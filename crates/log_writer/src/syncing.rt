//! What waits is appended to the file, and what is in the file is made safe and told. Nothing else of the crate tells a
//! disk what is acknowledged.
ghost use Rattle.std.specs.Prelude.{◌≡◌, ◌+◌, ◌<◌, ◌≤◌, ◌^◌, [], take, drop, IsSome, OnOk, OnErr, IsErrOf};
ghost use Rattle.session_disk.specs.Causes.{DiskHasCause};
ghost use Rattle.session_disk.specs.Moments.{after_append, after_tell};
ghost use Rattle.session_disk.specs.Histories.{Leaves};
ghost use Rattle.session_disk.specs.declared.failure.DiskError.TheVariants.{Memory};
ghost use Rattle.log_writer.specs.Journals.{LeavesAppended, LeavesTold, IsSafeOrNot, made_safe};
ghost use Rattle.log_writer.specs.Waiting.{behind, nothing, waiting_in};
ghost use Rattle.log_writer.specs.Log.{WhereRuns, LeavesGood, HasForeign, GoesOn, RestsAfter};
ghost use Rattle.log_writer.specs.Answers.{Answers, Lasts, TellsAll, sync_call, syncs};
ghost use Rattle.log_writer.specs.Faults.{first_of};

use crate::fault::{First, JournalFault};
use crate::journal::Journal;
use crate::pending::Pending;
use machine_law::Machine;
use session_disk::{DiskError, SessionDisk};

impl<M: Machine, D: SessionDisk> Journal<M, D> {
    /// Writes what waits, makes the file safe, and tells the disk how many commands it holds. After want of memory
    /// nothing was told, and what waited may be in the file.
    pub fn sync(&mut self) -> Result<(), JournalFault>
        ensures answers { Answers sync_call self.old self.new result }
        ensures later { Lasts self.old self.new }
        ensures told { TellsAll self.old self.new result }
        ensures follows { WhereRuns self.old (GoesOn self.old self.new (syncs self.old) [] result) }
        ensures at_rest { WhereRuns self.old (RestsAfter self.new result) }
        ensures foreign { WhereRuns self.old (HasForeign self.old self.new) }
        ensures crash { WhereRuns self.old (LeavesGood self.old self.new) }
    {
        if let Some(first) = self.failed {
            return Err(JournalFault::AlreadyFailed(first));
        }
        match make_safe(
            &mut self.disk,
            self.present.stamp,
            &mut self.pending,
            self.present.count,
        ) {
            Ok(()) => {
                self.present.told = self.present.count;
                Ok(())
            }
            Err(error) => {
                self.failed = first_of(&self.disk, error);
                Err(error.into())
            }
        }
    }
}

/// Appends what waits in front of a place, unless nothing does.
pub(crate) fn append<C: Drop, D: SessionDisk>(
    disk: &mut D,
    stamp: u64,
    pending: &mut Pending<C>,
    place: usize,
) -> Result<(), DiskError>
    requires in_range { stamp < 2 ^ 63 }
    requires place { place ≤ pending.old.whole }
    requires stands { D.modelled → IsSome ((D.history disk.old).now.standing stamp) }
    ensures ok { D.modelled → OnOk result ((D.history disk.new).now ≡
        after_append stamp (take place (waiting_in pending.old).bytes) (D.history disk.old).now) }
    ensures left { OnOk result (waiting_in pending.new ≡ behind place (waiting_in pending.old)) }
    ensures bytes { OnOk result (pending.new.bytes.items ≡ drop place pending.old.bytes.items) }
    ensures whole { OnOk result (pending.new.whole + place ≡ pending.old.whole) }
    ensures err { OnErr result (pending.new ≡ pending.old) }
    ensures stands { D.modelled → IsSome ((D.history disk.new).now.standing stamp) }
    ensures memory { D.modelled → IsErrOf result Memory → D.history disk.new ≡ D.history disk.old }
    ensures told { D.modelled → (D.history disk.new).now.told ≡ (D.history disk.old).now.told }
    ensures crash { D.modelled → Leaves (D.history disk.old) (D.history disk.new)
        (LeavesAppended (D.history disk.old).now stamp (take place (waiting_in pending.old).bytes)) }
    ensures cause { DiskHasCause (D.failed disk.old) (D.failed disk.new) result }
{
    if place == 0 {
        return Ok(());
    }
    disk.append(stamp, pending.front(place))?;
    pending.leave(place);
    Ok(())
}

// Appends all that waits, makes the file safe, and tells this count.
fn make_safe<C: Drop, D: SessionDisk>(
    disk: &mut D,
    stamp: u64,
    pending: &mut Pending<C>,
    count: u64,
) -> Result<(), DiskError>
    requires in_range { stamp < 2 ^ 63 }
    requires stands { D.modelled → IsSome ((D.history disk.old).now.standing stamp) }
    ensures ok { D.modelled → OnOk result ((D.history disk.new).now ≡
        after_tell count (made_safe stamp (waiting_in pending.old).bytes (D.history disk.old).now)) }
    ensures empty { OnOk result (waiting_in pending.new ≡ nothing) }
    ensures stands { D.modelled → IsSome ((D.history disk.new).now.standing stamp) }
    ensures memory { D.modelled → IsErrOf result Memory → IsSafeOrNot stamp (D.history disk.old).now
        (waiting_in pending.old) (D.history disk.new).now (waiting_in pending.new) }
    ensures untold { D.modelled → OnErr result ((D.history disk.new).now.told ≡ (D.history disk.old).now.told) }
    ensures crash { D.modelled → Leaves (D.history disk.old) (D.history disk.new)
        (LeavesTold (D.history disk.old).now stamp (waiting_in pending.old).bytes count) }
    ensures cause { DiskHasCause (D.failed disk.old) (D.failed disk.new) result }
{
    let whole = pending.whole;
    append(disk, stamp, pending, whole)?;
    disk.sync(stamp)?;
    disk.tell(count)
}

/// What a journal keeps of a disk's error.
pub(crate) fn first_of<D: SessionDisk>(disk: &D, error: DiskError) -> Option<First>
    ensures { result ≡ first_of (D.failed disk.now) error }
{
    match error {
        DiskError::Failed => Some(First::Disk {
            failures: disk.failures(),
        }),
        DiskError::Memory => None,
    }
}
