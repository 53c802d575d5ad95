// The samples of one frame.
ghost use Rattle.std.specs.Prelude.{◌≡◌, ◌+◌, ◌*◌, ◌≤◌, length};
ghost use Rattle.block.specs.inner.Nibbles.{play_nibbles};

use crate::sample::Filter;
use whole::History;

impl Filter {
    // The samples of whole bytes, two a byte.
    // Stays: bytes, history and out are three arguments, here and below, since each call is lent another stretch of the bytes and of the output.
    fn play_pairs(self, bytes: &[u8], history: History, out: &mut [i16]) -> History
        requires { length out.old ≡ 2 * length bytes.now }
        ensures left { result ≡ (play_nibbles bytes.now 0 (length out.old) self.c0 self.c1 self.scale history).history }
        ensures stored { out.new ≡ (play_nibbles bytes.now 0 (length out.old) self.c0 self.c1 self.scale history).samples }
    {
        let mut history = history;
        // Stays: the output by place, since with chunks_exact_mut(2) zipped with the bytes the proof did not close.
        for (j, byte) in bytes.iter().enumerate() {
            let first = self.advance(history, byte / 16);
            history = self.advance(first, byte % 16);
            out[2 * j] = first.newest;
            out[2 * j + 1] = history.newest;
        }
        history
    }

    // The samples of as many nibbles as the output has room for, from the first byte on.
    fn play_nibbles(self, bytes: &[u8], history: History, out: &mut [i16]) -> History
        requires { length out.old ≤ 2 * length bytes.now }
        ensures left { result ≡ (play_nibbles bytes.now 0 (length out.old) self.c0 self.c1 self.scale history).history }
        ensures stored { out.new ≡ (play_nibbles bytes.now 0 (length out.old) self.c0 self.c1 self.scale history).samples }
    {
        let count = out.len();
        let pairs = count / 2;
        let after = self.play_pairs(&bytes[..pairs], history, &mut out[..2 * pairs]);
        if count % 2 == 0 {
            return after;
        }
        let last = self.advance(after, bytes[pairs] / 16);
        out[count - 1] = last.newest;
        last
    }

    // The samples of as many nibbles as the output has room for, from an address on, which may be that of a byte's low nibble.
    pub(crate) fn play_from_nibble(
        self,
        bytes: &[u8],
        from: usize,
        history: History,
        out: &mut [i16],
    ) -> History
        requires { from + length out.old ≤ 2 * length bytes.now }
        ensures left { result ≡ (play_nibbles bytes.now from (length out.old) self.c0 self.c1 self.scale history).history }
        ensures stored { out.new ≡ (play_nibbles bytes.now from (length out.old) self.c0 self.c1 self.scale history).samples }
    {
        if from % 2 == 0 {
            return self.play_nibbles(&bytes[from / 2..], history, out);
        }
        if out.is_empty() {
            return history;
        }
        let low = self.advance(history, bytes[from / 2] % 16);
        out[0] = low.newest;
        self.play_nibbles(&bytes[from / 2 + 1..], low, &mut out[1..])
    }
}
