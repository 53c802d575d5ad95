// Playing a block, frame by frame.
ghost use Rattle.std.specs.Prelude.{◌≡◌, ◌-◌, ◌*◌, ◌/◌, ◌≤◌, ◌<◌, length};
ghost use Rattle.block.specs.Address.{address_to_sample};
ghost use Rattle.block.specs.Frame.{playing};
ghost use Rattle.block.specs.Refusals.{bad_length};
ghost use Rattle.block.specs.Play.{play_into};

use crate::{FrameContext, play_frame};
use whole::{BYTES_PER_FRAME, SAMPLES_PER_FRAME};

// The nibbles of a frame, those of its header too.
pub(crate) const NIBBLES_PER_FRAME: usize = 16;

// Whether a length in nibbles is 0 or above twice the bytes.
#[tactic(auto, using(std::proofs::lemmas::Bool::Decides::nat_tests), unfolding(crate::specs::Refusals::bad_length))]
pub(crate) fn bad_length(len: u32, bytes: usize) -> bool
    ensures { result ≡ bad_length len bytes }
{
    len == 0 || bytes < (len as usize).div_ceil(2)
}

// The frames of a block of `len` nibbles that another follows.
pub(crate) fn frames_before_last(len: usize) -> usize
    ensures { result ≡ (len - 1) / 16 }
{
    len.saturating_sub(1) / 16
}

// Plays a block of `len` nibbles: whole frames while more nibbles follow, then the last frame. It is internal: crate image calls it.
pub fn play_into(
    bytes: &[u8],
    len: usize,
    coefficients: [i16; 16],
    context: FrameContext,
    out: &mut [i16],
) -> FrameContext
    requires { (0 < len) × (len ≤ 2 * length bytes.now) × (address_to_sample len ≤ length out.old) }
    ensures { playing result out.new ≡ play_into bytes.now coefficients len context out.old }
{
    let whole = frames_before_last(len);
    let mut current = context;
    for k in 0..whole {
        let after = play_frame(
            bytes,
            BYTES_PER_FRAME * k,
            SAMPLES_PER_FRAME,
            coefficients,
            current,
            out,
            SAMPLES_PER_FRAME * k,
        );
        current = after.with_header(bytes[BYTES_PER_FRAME * (k + 1)]);
    }
    let count = (len - NIBBLES_PER_FRAME * whole).saturating_sub(2);
    play_frame(
        bytes,
        BYTES_PER_FRAME * whole,
        count,
        coefficients,
        current,
        out,
        SAMPLES_PER_FRAME * whole,
    )
}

▶ _TASK REQUIREMENTS_
Starting at the top of the listing above, repeat every line exactly until the line that contains "what is acknowledged." has been repeated too.

▶ _TASK OUTPUT_
filename crates/log_writer/src/syncing.rt
//! What waits is appended to the file, and what is in the file is made safe and told. Nothing else of the crate tells a
//! disk what is acknowledged.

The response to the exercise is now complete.